Elliptic curves hit the front page of the New York Times in June, 1993 when Andrew Wiles announced a proof of Fermat’s Last Theorem. In the proof stitched together by Wiles, elliptic curves played a starring role. Amazingly, elliptic curves have been prominent in mathematics literally for millennia – and they continue to post simple-looking problems whose solutions continue to elude us. Perhaps most notoriously, a general conjecture of Birch and Swinnerton-Dyer, for which the Clay Math Institute has offered a $1,000,000 reward, remains unsolved even for elliptic curves. A proof of this conjecture in this case would settle the Congruent Number Problem, a problem about triangles that has been studied intensively at least since the tenth century.

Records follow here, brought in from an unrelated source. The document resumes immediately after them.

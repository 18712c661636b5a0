//! Laws of the definitions that contracts here and above cite. Each call does nothing: its contract is the law.
ghost use Rattle.std.specs.Prelude.{ℕ, suc, ◌≡◌, ◌+◌, ◌-◌, ◌^◌, ◌<◌, ◌≤◌, ◌++◌, ◌↔◌, Bool, true, List, take};
ghost use Rattle.sat_clause.specs.Literals.{ClausesAreBelow, MeetsAll, AreTrue, clause_holds, later, truths};
ghost use Rattle.kv_clause.specs.Blocks.{stride, variable_in};
ghost use Rattle.kv_clause.specs.Queries.{blocks_in, blocks_of, vars_of, fixed, asked, lits_of, query};
ghost use Rattle.kv_clause.specs.declared.query.Query.TheVariants.{Base, Forward, Step, First, Induct, Closing};
ghost use Rattle.kv_clause.specs.Chains.{MeetsArrivals, MeetsBreak, MeetsBreakUnder, MeetsLeaving};

use crate::bound::Bounds;
use crate::query::Query;
use crate::template::Template;
use sat_clause::Assignment;

/// The last `state` variables of a block are the first of the next.
pub fn end_is_next_beginning(t: &Template)
    ensures { (i j : ℕ) → j < t.now.state → variable_in t.now i (t.now.vars - t.now.state + j) ≡ variable_in t.now (i + 1) j }
{}

/// An assignment meets a query's clauses exactly where it meets the fixed ones and the asked literals are true.
pub fn query_is_fixed_and_asked(t: &Template, q: &Query)
    ensures { (A : ℕ → Bool) → MeetsAll A (query t.now q.now) ↔ (MeetsAll A (fixed t.now q.now) × AreTrue A (asked t.now q.now)) }
{}

/// An assignment of more blocks, cut to the variables of the first `k`, meets their clauses.
pub fn longer_restricts(t: &Template, a: &Assignment)
    ensures { (k n : ℕ) → k ≤ n → MeetsAll (truths a.now) (blocks_of t.now n) → MeetsAll (truths (take (vars_of t.now k) a.now)) (blocks_of t.now k) }
{}

/// What is left of an assignment after the first block meets the clauses of one block less.
pub fn rest_meets_the_rest(t: &Template)
    ensures { (A : ℕ → Bool) (k : ℕ) → MeetsAll A (blocks_of t.now (k + 1)) → MeetsAll (later (stride t.now) A) (blocks_of t.now k) }
{}

/// The clauses of a query are over the variables of its blocks.
pub fn query_is_over_its_blocks(t: &Template, q: &Query)
    ensures { 1 ≤ blocks_in q.now → ClausesAreBelow (vars_of t.now (blocks_in q.now)) (query t.now q.now) }
{}

/// From the start, k blocks arrive and the next breaks: an assignment meets the query exactly where it meets them one
/// after another.
pub fn base_block_by_block(t: &Template, k: u32)
    ensures { (A : ℕ → Bool) → MeetsAll A (query t.now (Base (suc k))) ↔ (MeetsAll A t.now.start × MeetsBreak t.now k A) }
{}

/// The same of k blocks that arrive.
pub fn forward_block_by_block(t: &Template, k: u32)
    ensures { (A : ℕ → Bool) → MeetsAll A (query t.now (Forward k)) ↔ (MeetsAll A t.now.start × MeetsArrivals t.now k A) }
{}

/// The same from a loop head, with bounds at the beginning of each block.
pub fn step_block_by_block(t: &Template, k: u32, under: &Bounds)
    ensures step { (A : ℕ → Bool) → MeetsAll A (query t.now (Step (suc k) under.now)) ↔ (MeetsAll A t.now.head × MeetsBreakUnder t.now under.now k A) }
    ensures closing { (A : ℕ → Bool) → MeetsAll A (query t.now (Closing (suc k) under.now)) ↔ (MeetsAll A t.now.head × MeetsBreakUnder t.now under.now k A) }
{}

/// The same of one block that arrives where some bound of a set is false.
pub fn set_block_by_block(t: &Template, round: u32, set: &Bounds)
    ensures first { (A : ℕ → Bool) → MeetsAll A (query t.now (First round set.now)) ↔ (MeetsAll A t.now.start × MeetsLeaving t.now set.now A) }
    ensures induct { (A : ℕ → Bool) → MeetsAll A (query t.now (Induct round set.now)) ↔ (MeetsAll A t.now.head × AreTrue A (lits_of t.now.bounds set.now) × MeetsLeaving t.now set.now A) }
{}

In my talk, I will discuss some of the ways that elliptic curves have intervened in the field of cryptography. Although I am by no means an expert in this subject, I will give a course to Berkeley undergraduates on cryptography next spring and expect to be lecturing about elliptic curves at various points during the semester.

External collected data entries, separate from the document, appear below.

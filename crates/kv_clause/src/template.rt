ghost use Rattle.std.specs.Prelude.{◌*◌, ◌≤◌, ◌<◌, ◌^◌};
ghost use Rattle.std.specs.List.{All};
ghost use Rattle.sat_clause.specs.Literals.{variable_of, AreBelow, ClausesAreBelow};

use crate::bound::BoundLits;
use kv_base::{Copied, NoMemory, Sequence};
use kv_num::IntType;
use sat_clause::{Clauses, Lit, Lits};
use std::alloc::Global;

/// A place where an input may be taken: whether it is, and the input's bits, lowest first, as a number of this type.
#[derive(Debug, Drop)]
pub struct Site {
    pub taken: Lit,
    pub bits: Lits,
    pub kind: IntType,
}

pub type Sites = Sequence<Site>;

/// One block of a program as clauses. The variables below `state` are the block's beginning, and the last `state`
/// variables are its end.
#[derive(Debug, Drop)]
pub struct Template {
    pub vars: u64,
    pub state: u64,
    pub clauses: Clauses,
    /// What makes a beginning a start of the program.
    pub start: Clauses,
    /// What makes a beginning an arrival at a loop head.
    pub head: Clauses,
    /// True where the block breaks a check.
    pub broken: Lit,
    /// True where the block arrives at a loop head.
    pub next: Lit,
    /// The candidates in their order.
    pub bounds: BoundLits,
    /// Where inputs may be taken, in an order that every path keeps.
    pub sites: Sites,
    ghost room: { 2 * state ≤ vars },
    ghost small: { vars ≤ 2 ^ 48 },
    ghost clauses_below: { ClausesAreBelow vars clauses },
    ghost start_below: { ClausesAreBelow vars start },
    ghost head_below: { ClausesAreBelow vars head },
    ghost broken_below: { variable_of broken < vars },
    ghost next_below: { variable_of next < vars },
    ghost bounds_below: { All (λ b. variable_of b.lit < vars) bounds },
    ghost taken_below: { All (λ s. variable_of s.taken < vars) sites },
    ghost bits_below: { All (λ s. AreBelow vars s.bits) sites },
}

impl Copied for Site {
    fn copy(&self, alloc: Global) -> Result<Site, NoMemory> {
        Ok(Site {
            taken: self.taken,
            bits: self.bits.copy(alloc)?,
            kind: self.kind,
        })
    }
}

impl Copied for Template {
    fn copy(&self, alloc: Global) -> Result<Template, NoMemory> {
        Ok(Template {
            vars: self.vars,
            state: self.state,
            clauses: self.clauses.copy(alloc)?,
            start: self.start.copy(alloc)?,
            head: self.head.copy(alloc)?,
            broken: self.broken,
            next: self.next,
            bounds: self.bounds.copy(alloc)?,
            sites: self.sites.copy(alloc)?,
        })
    }
}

Kenneth Ribet studied at Brown University and Harvard University. He received his PhD in 1973 from Harvard, where his advisor was John Tate. After three years of teaching in Princeton and two years of research in Paris, Ribet joined the Berkeley faculty in 1978. He received his department's Distinguished Teaching Award in 1985.

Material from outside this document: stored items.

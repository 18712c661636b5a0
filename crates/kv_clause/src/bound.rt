use kv_base::{Copied, NoMemory, Sequence};
use sat_clause::Lit;
use std::alloc::Global;

/// A fact at a loop head: the number in a cell is at least, or at most, a given one.
#[derive(Clone, Copy, Debug, PartialEq, Eq, Drop)]
pub struct Bound {
    pub head: u32,
    pub cell: u32,
    pub at_least: bool,
    pub number: i128,
}

pub type Bounds = Sequence<Bound>;

/// A bound, and the literal that is true exactly where the bound holds at a block's beginning.
#[derive(Clone, Copy, Debug, PartialEq, Eq, Drop)]
pub struct BoundLit {
    pub bound: Bound,
    pub lit: Lit,
}

pub type BoundLits = Sequence<BoundLit>;

impl Copied for Bound {
    fn copy(&self, _alloc: Global) -> Result<Bound, NoMemory> {
        Ok(*self)
    }
}

impl Copied for BoundLit {
    fn copy(&self, _alloc: Global) -> Result<BoundLit, NoMemory> {
        Ok(*self)
    }
}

Prof. Ribet is known for his work in number theory and algebraic geometry. He played a prominent role in the proof of Fermat's Last Theorem by showing that this statement was a logical consequence of a conjecture about elliptic curves. (Andrew Wiles proved this conjecture in 1995, thereby obtaining Fermat's Last Theorem as a corollary.) Prof. Ribet is a member of the scientific advisory board of the Institute for Pure & Applied Mathematics at UCLA and a member of the editorial boards of the following three Springer book series: Graduate Texts in Mathematics, Universitext, Undergraduate Texts in Mathematics. He serves also on the editorial boards of Mathematische Annalen, the Annales de l'Institut Fourier, the Journal of Number Theory and Mathematics Research Letters.
Prof. Ribet was elected to the American Academy of Arts and Sciences in 1997 and the National Academy of Sciences in 2000. He was awarded the Fermat Prize in 1989 and received an honorary PhD from Brown University in 1998. In 1988 he was inducted as a Vigneron d'honneur by the Jurade de Saint Emilion.